Region-level Contrastive and Consistency Learning for Semi-Supervised
Semantic Segmentation
- URL: http://arxiv.org/abs/2204.13314v1
- Date: Thu, 28 Apr 2022 07:22:47 GMT
- Title: Region-level Contrastive and Consistency Learning for Semi-Supervised
Semantic Segmentation
- Authors: Jianrong Zhang, Tianyi Wu, Chuanghao Ding, Hongwei Zhao and Guodong
Guo
- Abstract summary: We propose a novel region-level contrastive and consistency learning framework (RC2L) for semi-supervised semantic segmentation.
Specifically, we first propose a Region Mask Contrastive (RMC) loss and a Region Feature Contrastive (RFC) loss to accomplish region-level contrastive property.

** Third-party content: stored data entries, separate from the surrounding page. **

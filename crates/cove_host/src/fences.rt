//! The fences of the translations that harts hold of the host's pages.

ghost use Rattle.std.specs.Prelude.{◌≡◌, ◌<◌, ◌≤◌};
ghost use Rattle.cove_base.specs.Places.{epoch_word};
ghost use Rattle.cove_base.specs.declared.calls.HostCall.TheVariants.{GlobalFence, LocalFence};
ghost use Rattle.cove_base.specs.declared.limits.TheConstants.{HART_LIMIT, PAGE_LIMIT};
ghost use Rattle.cove_tvm.specs.Called.{Called, IsReady};
ghost use Rattle.cove_model.specs.HostCalls.{rule};
ghost use Rattle.cove_model.specs.LawfulStores.{AllowsLawful};

use crate::checks::DONE;
use cove_base::{HartId, Reply, Status, Words, epoch_word};
use cove_fence::Epochs;
use cove_tvm::Ground;

/// Begins a global fence, which the calling hart answers at once.
pub fn global_fence<W: Words>(w: &mut W, g: &mut Ground, h: HartId) -> Reply
    requires ready { IsReady (W.words w.old) g.old }
    requires on_board { h.0 < g.old.harts }
    requires allowed { AllowsLawful (W.allows (W.guard w.old)) g.old.pages g.old.harts h.0 (W.words w.old) }
    ensures called { Called h.0 (λ S. rule S h.0 GlobalFence) (W.words w.old) (W.words w.new) g.old g.new result }
    ensures guard { W.guard w.new ≡ W.guard w.old }
{
    match epochs(g).begin(w, h) {
        Err(lowest) => Reply {
            status: Status::AlreadyStarted,
            value: u64::from(lowest.0),
        },
        Ok(_) => DONE,
    }
}

/// Answers the last global fence for the calling hart.
pub fn local_fence<W: Words>(w: &mut W, g: &mut Ground, h: HartId) -> Reply
    requires ready { IsReady (W.words w.old) g.old }
    requires on_board { h.0 < g.old.harts }
    requires allowed { AllowsLawful (W.allows (W.guard w.old)) g.old.pages g.old.harts h.0 (W.words w.old) }
    ensures called { Called h.0 (λ S. rule S h.0 LocalFence) (W.words w.old) (W.words w.new) g.old g.new result }
    ensures guard { W.guard w.new ≡ W.guard w.old }
{
    epochs(g).answer(w, h);
    DONE
}

/// The words of the board's epoch and of the epoch that each hart answered last.
pub(crate) fn epochs(g: &Ground) -> Epochs
    requires pages { g.now.pages ≤ PAGE_LIMIT }
    requires some { 1 ≤ g.now.harts }
    requires harts { g.now.harts ≤ HART_LIMIT }
    ensures first { result.first ≡ epoch_word g.now.pages }
    ensures harts { result.harts ≡ g.now.harts }
{
    Epochs::new(epoch_word(g.pages), g.harts)
}
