//! How a TVM's pages are taken back, once its tables are clear.

ghost use Rattle.std.specs.Prelude.{◌≡◌, ◌+◌, ◌<◌, ◌≤◌, ◌^◌, length};
ghost use Rattle.cove_base.specs.Stores.{AllAllowed, stored};
ghost use Rattle.cove_host.specs.Released.{HavePlaces, all_cpu_pages, cpu_pages, own_pages, release_stores};

use cove_base::{PageRange, Words};
use cove_owner::{PageState, set_all, set_state};
use cove_stage2::Pool;
use cove_tvm::{Tvm, VcpuSlot};

/// Takes back the pages of a TVM: those that were gathered in its pool, its root, its state page, and its vCPUs'.
pub(crate) fn release_pages<W: Words>(w: &mut W, tvm: &Tvm)
    requires places { HavePlaces (W.words w.old) (own_pages tvm.now) }
    requires root { tvm.now.tables.root.0 + 4 ≤ 2 ^ 16 }
    requires root_fits { tvm.now.tables.root.0 + 4 ≤ length (W.words w.old) }
    requires allowed { AllAllowed (W.allows (W.guard w.old)) (W.words w.old) (release_stores (own_pages tvm.now)) }
    ensures words { W.words w.new ≡ stored (W.words w.old) (release_stores (own_pages tvm.now)) }
    ensures guard { W.guard w.new ≡ W.guard w.old }
{
    release_gathered(w, &tvm.pool);
    let root = PageRange {
        first: tvm.tables.root,
        count: 4,
    };
    set_all(w, root, PageState::Released);
    set_state(w, tvm.state, PageState::Released);
    release_cpus(w, tvm);
}

// Takes back the pages that were gathered.
fn release_gathered<W: Words>(w: &mut W, pool: &Pool)
    requires places { HavePlaces (W.words w.old) pool.now.pages }
    requires allowed { AllAllowed (W.allows (W.guard w.old)) (W.words w.old) (release_stores pool.now.pages) }
    ensures words { W.words w.new ≡ stored (W.words w.old) (release_stores pool.now.pages) }
    ensures guard { W.guard w.new ≡ W.guard w.old }
{
    for k in 0..pool.left() {
        set_state(w, pool.page(k), PageState::Released);
    }
}

// Takes back the pages of all vCPUs.
fn release_cpus<W: Words>(w: &mut W, tvm: &Tvm)
    requires places { HavePlaces (W.words w.old) (all_cpu_pages tvm.now) }
    requires allowed { AllAllowed (W.allows (W.guard w.old)) (W.words w.old) (release_stores (all_cpu_pages tvm.now)) }
    ensures words { W.words w.new ≡ stored (W.words w.old) (release_stores (all_cpu_pages tvm.now)) }
    ensures guard { W.guard w.new ≡ W.guard w.old }
{
    release_cpu(w, &tvm.v0);
    release_cpu(w, &tvm.v1);
    release_cpu(w, &tvm.v2);
    release_cpu(w, &tvm.v3);
}

// Takes back the page of a vCPU, if it was created.
fn release_cpu<W: Words>(w: &mut W, cpu: &Option<VcpuSlot>)
    requires places { HavePlaces (W.words w.old) (cpu_pages cpu.now) }
    requires allowed { AllAllowed (W.allows (W.guard w.old)) (W.words w.old) (release_stores (cpu_pages cpu.now)) }
    ensures words { W.words w.new ≡ stored (W.words w.old) (release_stores (cpu_pages cpu.now)) }
    ensures guard { W.guard w.new ≡ W.guard w.old }
{
    if let Some(slot) = cpu {
        set_state(w, slot.page, PageState::Released);
    }
}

Based on the proposed region-level contrastive and consistency regularization, we develop a region-level contrastive and consistency learning framework (RC2L) for semi-supervised semantic segmentation.
- Score: 30.1884540364192
- License: http://arxiv.org/licenses/nonexclusive-distrib/1.0/
- Abstract: Current semi-supervised semantic segmentation methods mainly focus on
designing pixel-level consistency and contrastive regularization. However,
pixel-level regularization is sensitive to noise from pixels with incorrect
predictions, and pixel-level contrastive regularization has memory and
computational cost with O(pixel_num^2). To address the issues, we propose a
novel region-level contrastive and consistency learning framework (RC^2L) for
semi-supervised semantic segmentation. Specifically, we first propose a Region
Mask Contrastive (RMC) loss and a Region Feature Contrastive (RFC) loss to
accomplish region-level contrastive property. Furthermore, Region Class
Consistency (RCC) loss and Semantic Mask Consistency (SMC) loss are proposed
for achieving region-level consistency. Based on the proposed region-level
contrastive and consistency regularization, we develop a region-level
contrastive and consistency learning framework (RC^2L) for semi-supervised
semantic segmentation, and evaluate our RC$^2$L on two challenging benchmarks
(PASCAL VOC 2012 and Cityscapes), outperforming the state-of-the-art.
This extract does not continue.